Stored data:
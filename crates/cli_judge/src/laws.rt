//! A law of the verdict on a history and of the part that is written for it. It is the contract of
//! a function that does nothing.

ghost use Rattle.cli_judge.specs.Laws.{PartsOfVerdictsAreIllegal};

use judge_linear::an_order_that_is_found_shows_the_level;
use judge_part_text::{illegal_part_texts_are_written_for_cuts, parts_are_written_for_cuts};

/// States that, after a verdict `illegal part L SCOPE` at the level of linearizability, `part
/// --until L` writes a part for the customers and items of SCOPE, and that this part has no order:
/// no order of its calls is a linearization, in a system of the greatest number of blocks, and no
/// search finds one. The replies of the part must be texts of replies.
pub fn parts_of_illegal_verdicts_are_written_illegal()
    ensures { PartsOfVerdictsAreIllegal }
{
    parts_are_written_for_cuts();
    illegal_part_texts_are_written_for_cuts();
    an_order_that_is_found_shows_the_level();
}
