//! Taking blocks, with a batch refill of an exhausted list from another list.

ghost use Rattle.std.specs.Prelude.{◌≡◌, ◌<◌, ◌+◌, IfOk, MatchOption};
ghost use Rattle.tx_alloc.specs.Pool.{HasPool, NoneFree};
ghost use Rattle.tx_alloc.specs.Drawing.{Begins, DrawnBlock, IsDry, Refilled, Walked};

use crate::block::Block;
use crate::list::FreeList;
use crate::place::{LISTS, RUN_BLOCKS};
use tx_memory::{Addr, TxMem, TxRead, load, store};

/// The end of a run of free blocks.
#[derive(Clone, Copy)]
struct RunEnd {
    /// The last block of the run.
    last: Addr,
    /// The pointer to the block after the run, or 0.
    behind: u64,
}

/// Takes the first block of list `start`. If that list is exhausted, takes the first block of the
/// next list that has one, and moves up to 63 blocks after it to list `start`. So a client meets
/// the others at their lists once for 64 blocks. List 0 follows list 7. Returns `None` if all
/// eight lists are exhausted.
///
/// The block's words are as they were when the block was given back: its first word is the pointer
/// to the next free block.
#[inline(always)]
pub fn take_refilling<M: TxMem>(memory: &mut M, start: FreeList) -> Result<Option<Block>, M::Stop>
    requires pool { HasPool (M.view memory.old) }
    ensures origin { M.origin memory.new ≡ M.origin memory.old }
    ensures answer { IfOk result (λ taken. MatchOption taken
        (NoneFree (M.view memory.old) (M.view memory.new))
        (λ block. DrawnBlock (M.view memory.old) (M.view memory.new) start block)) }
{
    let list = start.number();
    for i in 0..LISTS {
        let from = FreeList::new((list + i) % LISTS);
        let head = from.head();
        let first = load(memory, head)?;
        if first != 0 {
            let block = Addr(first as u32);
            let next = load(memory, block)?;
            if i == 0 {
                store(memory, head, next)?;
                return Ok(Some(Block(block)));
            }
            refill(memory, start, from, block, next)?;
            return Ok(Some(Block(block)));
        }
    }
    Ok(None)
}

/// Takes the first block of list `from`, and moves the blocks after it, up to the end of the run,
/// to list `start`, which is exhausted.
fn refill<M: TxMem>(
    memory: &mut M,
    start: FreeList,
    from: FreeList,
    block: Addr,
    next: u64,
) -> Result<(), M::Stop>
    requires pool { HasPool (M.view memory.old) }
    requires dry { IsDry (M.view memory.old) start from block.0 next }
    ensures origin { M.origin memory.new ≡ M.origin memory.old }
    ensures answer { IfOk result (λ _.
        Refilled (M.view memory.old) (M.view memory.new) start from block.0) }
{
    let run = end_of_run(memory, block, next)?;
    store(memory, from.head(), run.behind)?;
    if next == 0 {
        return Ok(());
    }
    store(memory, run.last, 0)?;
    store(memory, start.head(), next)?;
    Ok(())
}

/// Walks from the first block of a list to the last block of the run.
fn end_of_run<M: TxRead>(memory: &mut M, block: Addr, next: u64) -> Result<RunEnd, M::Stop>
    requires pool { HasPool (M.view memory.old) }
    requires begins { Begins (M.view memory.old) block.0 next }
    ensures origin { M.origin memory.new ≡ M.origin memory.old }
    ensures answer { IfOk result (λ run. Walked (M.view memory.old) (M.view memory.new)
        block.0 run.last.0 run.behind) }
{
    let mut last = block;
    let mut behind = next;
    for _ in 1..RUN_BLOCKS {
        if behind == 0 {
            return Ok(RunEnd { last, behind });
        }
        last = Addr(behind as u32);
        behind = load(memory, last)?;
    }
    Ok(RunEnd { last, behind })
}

--

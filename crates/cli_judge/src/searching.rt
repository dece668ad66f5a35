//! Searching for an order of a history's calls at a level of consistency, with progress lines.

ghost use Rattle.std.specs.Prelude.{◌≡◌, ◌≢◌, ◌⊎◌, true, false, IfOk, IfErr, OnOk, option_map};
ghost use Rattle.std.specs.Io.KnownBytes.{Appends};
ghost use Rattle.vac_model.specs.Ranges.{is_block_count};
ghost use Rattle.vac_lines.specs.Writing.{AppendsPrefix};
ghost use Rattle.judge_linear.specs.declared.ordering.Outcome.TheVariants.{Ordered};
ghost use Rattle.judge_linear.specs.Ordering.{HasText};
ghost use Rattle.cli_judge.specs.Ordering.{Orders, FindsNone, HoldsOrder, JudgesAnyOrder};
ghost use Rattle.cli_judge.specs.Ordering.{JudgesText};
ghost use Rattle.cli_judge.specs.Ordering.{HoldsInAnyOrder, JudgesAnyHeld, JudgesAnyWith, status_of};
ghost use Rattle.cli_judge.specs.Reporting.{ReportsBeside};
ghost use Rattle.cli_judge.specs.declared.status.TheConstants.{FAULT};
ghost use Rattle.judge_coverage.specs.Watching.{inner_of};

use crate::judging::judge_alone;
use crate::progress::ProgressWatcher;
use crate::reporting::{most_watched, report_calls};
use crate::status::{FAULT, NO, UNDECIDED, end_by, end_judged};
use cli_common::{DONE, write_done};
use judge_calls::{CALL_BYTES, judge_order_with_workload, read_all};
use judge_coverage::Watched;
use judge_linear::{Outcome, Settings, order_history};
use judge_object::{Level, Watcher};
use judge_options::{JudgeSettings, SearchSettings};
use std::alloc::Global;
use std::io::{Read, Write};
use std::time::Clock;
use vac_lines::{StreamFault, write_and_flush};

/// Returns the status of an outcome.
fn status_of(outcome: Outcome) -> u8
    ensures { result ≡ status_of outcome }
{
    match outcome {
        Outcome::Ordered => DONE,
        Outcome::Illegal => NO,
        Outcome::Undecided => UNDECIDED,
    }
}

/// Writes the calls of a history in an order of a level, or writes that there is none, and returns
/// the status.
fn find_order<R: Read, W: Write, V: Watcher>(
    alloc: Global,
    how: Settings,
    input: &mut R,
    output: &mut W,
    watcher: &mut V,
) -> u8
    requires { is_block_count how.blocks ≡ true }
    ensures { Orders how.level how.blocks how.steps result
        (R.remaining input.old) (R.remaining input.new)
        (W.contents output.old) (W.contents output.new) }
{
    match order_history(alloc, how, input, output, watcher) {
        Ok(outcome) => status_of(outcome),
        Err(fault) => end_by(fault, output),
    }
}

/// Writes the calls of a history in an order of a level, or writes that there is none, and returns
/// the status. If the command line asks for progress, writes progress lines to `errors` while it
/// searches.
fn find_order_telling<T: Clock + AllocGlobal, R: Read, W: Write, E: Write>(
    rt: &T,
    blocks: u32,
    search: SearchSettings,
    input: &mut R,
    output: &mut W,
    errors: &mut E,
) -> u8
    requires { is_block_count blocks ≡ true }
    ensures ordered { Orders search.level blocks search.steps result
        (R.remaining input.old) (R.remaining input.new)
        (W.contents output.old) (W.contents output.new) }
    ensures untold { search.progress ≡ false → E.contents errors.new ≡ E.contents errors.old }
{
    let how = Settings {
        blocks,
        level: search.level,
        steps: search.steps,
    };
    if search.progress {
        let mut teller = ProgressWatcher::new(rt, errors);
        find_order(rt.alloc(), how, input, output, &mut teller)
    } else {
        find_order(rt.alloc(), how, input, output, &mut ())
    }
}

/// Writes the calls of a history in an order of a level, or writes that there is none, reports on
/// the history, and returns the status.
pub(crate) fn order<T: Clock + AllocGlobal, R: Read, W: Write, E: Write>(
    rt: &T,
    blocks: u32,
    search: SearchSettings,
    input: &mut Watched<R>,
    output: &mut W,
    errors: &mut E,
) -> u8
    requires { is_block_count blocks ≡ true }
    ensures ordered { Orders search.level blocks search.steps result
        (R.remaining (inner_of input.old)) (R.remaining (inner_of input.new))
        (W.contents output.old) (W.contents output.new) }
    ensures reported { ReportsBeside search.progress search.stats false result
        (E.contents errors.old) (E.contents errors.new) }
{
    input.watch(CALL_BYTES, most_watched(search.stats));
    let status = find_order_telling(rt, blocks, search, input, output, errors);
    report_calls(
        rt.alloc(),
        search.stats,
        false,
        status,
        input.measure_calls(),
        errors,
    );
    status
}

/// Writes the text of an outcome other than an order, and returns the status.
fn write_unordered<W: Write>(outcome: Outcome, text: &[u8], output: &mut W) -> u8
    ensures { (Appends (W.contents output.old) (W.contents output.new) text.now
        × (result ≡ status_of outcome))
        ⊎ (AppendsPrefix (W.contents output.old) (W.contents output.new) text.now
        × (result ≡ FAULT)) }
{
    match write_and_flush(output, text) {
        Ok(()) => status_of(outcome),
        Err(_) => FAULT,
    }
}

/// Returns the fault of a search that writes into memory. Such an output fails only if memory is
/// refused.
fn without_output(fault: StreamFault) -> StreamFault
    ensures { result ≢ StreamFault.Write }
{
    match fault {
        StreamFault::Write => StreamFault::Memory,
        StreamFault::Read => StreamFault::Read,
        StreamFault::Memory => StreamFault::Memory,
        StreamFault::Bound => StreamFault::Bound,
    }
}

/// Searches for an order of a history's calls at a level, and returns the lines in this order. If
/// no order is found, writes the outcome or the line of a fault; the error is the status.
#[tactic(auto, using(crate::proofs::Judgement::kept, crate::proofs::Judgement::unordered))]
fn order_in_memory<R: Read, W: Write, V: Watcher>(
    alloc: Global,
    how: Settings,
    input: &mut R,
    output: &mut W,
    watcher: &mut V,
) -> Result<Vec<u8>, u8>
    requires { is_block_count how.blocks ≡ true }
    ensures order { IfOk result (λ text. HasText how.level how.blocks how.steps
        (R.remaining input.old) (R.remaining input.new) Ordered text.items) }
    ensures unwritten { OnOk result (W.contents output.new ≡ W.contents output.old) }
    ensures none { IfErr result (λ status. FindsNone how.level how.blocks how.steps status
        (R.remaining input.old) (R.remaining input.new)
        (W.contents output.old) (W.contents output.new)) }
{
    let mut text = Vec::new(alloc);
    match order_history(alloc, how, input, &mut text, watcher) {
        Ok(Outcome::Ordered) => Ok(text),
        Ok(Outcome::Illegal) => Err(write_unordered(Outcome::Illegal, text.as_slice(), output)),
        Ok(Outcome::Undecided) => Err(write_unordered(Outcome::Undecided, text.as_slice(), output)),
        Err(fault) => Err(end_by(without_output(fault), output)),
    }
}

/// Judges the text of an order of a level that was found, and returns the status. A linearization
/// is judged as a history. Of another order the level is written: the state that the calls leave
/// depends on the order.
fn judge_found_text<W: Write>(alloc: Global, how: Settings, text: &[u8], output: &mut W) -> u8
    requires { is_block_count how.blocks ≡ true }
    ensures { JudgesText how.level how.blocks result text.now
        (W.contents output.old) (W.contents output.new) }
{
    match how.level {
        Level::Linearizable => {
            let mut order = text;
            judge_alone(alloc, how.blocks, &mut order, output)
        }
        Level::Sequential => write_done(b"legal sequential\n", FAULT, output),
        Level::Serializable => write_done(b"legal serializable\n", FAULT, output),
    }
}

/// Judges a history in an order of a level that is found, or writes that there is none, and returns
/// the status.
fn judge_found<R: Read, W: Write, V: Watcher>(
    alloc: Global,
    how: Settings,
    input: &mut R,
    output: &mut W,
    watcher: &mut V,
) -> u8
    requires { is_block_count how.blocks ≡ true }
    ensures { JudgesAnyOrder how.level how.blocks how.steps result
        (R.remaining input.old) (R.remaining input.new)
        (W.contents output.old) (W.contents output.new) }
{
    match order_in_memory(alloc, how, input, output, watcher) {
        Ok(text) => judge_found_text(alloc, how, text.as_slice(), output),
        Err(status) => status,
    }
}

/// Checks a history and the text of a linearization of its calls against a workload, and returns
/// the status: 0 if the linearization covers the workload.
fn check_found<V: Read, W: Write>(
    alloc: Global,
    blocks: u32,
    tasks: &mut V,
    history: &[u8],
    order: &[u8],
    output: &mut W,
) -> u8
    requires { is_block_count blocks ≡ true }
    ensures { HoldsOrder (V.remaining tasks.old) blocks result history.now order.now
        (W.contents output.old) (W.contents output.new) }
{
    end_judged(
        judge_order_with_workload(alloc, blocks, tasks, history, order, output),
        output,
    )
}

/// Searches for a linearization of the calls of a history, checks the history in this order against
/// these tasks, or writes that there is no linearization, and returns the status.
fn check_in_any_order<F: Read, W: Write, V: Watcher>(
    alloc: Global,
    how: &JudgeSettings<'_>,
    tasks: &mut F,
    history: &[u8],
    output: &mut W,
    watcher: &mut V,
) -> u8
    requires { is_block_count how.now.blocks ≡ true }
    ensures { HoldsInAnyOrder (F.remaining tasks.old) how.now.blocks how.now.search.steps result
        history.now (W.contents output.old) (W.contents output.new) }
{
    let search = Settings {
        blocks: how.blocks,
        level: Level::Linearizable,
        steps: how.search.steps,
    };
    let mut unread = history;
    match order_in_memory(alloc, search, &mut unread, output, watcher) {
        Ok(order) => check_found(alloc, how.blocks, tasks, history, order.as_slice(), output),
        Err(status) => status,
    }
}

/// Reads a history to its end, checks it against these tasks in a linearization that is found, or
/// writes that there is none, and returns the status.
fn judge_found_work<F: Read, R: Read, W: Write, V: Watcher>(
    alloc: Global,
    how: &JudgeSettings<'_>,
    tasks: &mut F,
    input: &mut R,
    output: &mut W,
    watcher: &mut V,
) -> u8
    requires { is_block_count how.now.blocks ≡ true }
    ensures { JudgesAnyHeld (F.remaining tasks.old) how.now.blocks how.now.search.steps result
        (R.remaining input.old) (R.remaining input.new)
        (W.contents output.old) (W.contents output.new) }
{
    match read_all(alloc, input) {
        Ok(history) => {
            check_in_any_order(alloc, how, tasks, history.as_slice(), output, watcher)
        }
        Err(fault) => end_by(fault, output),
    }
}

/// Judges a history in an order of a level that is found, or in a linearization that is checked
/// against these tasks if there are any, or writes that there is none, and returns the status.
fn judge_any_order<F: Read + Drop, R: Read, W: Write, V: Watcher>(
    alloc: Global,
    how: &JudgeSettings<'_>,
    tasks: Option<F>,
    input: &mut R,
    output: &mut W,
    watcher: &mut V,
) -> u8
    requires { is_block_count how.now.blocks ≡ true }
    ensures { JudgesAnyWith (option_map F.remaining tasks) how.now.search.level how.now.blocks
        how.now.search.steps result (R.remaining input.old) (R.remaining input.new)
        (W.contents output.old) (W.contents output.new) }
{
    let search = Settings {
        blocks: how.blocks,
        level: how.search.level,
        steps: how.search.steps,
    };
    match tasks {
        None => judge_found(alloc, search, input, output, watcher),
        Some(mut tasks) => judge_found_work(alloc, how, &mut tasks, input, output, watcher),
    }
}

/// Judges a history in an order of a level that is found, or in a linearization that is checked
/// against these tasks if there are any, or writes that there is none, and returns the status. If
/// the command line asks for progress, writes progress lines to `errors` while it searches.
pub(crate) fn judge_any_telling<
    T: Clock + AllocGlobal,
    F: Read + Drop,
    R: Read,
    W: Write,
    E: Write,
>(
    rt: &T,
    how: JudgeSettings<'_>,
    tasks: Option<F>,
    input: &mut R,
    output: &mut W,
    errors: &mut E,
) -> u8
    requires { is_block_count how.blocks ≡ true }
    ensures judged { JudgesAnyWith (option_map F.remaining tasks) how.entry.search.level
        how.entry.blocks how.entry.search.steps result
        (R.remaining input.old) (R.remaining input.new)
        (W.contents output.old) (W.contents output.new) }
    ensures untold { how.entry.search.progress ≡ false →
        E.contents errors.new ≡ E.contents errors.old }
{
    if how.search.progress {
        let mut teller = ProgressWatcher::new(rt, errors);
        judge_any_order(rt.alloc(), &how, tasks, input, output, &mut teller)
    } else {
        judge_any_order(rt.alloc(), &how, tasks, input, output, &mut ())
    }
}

- Assignment -
For each line above that contains the word "DrawnBlock", copy that line.

- Solution to the problem -
ghost use Rattle.tx_alloc.specs.Drawing.{Begins, DrawnBlock, IsDry, Refilled, Walked};
        (λ block. DrawnBlock (M.view memory.old) (M.view memory.new) start block)) }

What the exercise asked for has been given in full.